■ **TASK PROMPT**
For the string "HostRuntime", work out how many lines of the data contain it and give that number with nothing added.

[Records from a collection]
* * *

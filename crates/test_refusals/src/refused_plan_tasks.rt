//! The program's plans, with the first growth refused, then with the second, and so on until no refusal is met.
use crate::on_boards::is_refused;
use crate::refused_tasks::is_refused_in_turn;
use pci_base::range::Range;
use pci_place::pools::Pools;
use pci_tree::roots::Roots;
use pciplan_tasks::task::Task;
use std::alloc::Global;
use std::test::Fail;
use test_support::board::Texts;
use test_support::planned::{IO_POOL, MEMORY_POOL, PREFETCH_POOL, boards};
use test_support::row::Row;
use test_support::row::Row::Device;

const POOLS: Pools = Pools {
    io: IO_POOL,
    mem: MEMORY_POOL,
    pref: PREFETCH_POOL,
};

/// A plan with reasons in some pools.
fn task(pools: Pools, writes: bool) -> Task {
    Task::Plan {
        pools,
        writes,
        why: true,
        roots: Roots::host(),
    }
}

/// Whether a plan that is refused a growth says just that, where it is printed as a dump and as writes.
fn are_refused_in_turn(alloc: Global, texts: &Texts) -> bool {
    is_refused_in_turn(alloc, &task(POOLS, false), texts)
        && is_refused_in_turn(alloc, &task(POOLS, true), texts)
}

#[test]
fn a_plan_that_is_refused_a_growth_says_just_that(rt: HostRuntime) -> Result<(), Fail> {
    for (texts, _) in boards(rt.alloc())? {
        assert!(rt; are_refused_in_turn(rt.alloc(), &texts));
    }
    Ok(())
}

/// A pool of memory that ends with its first address.
const NARROW: Pools = Pools {
    io: IO_POOL,
    mem: Range {
        first: MEMORY_POOL.first,
        last: MEMORY_POOL.first,
    },
    pref: PREFETCH_POOL,
};

#[test]
fn a_shortage_that_is_refused_a_growth_says_just_that(rt: HostRuntime) -> Result<(), Fail> {
    const BOARD: &[Row] = &[Device("00:01.0", 2, &[(0x10, 0xe000_0000, 0xfff0_0000)])];
    is_refused(rt.alloc(), Ok(task(NARROW, false)), BOARD)
}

* * *

■ **EXERCISE RESULT**
2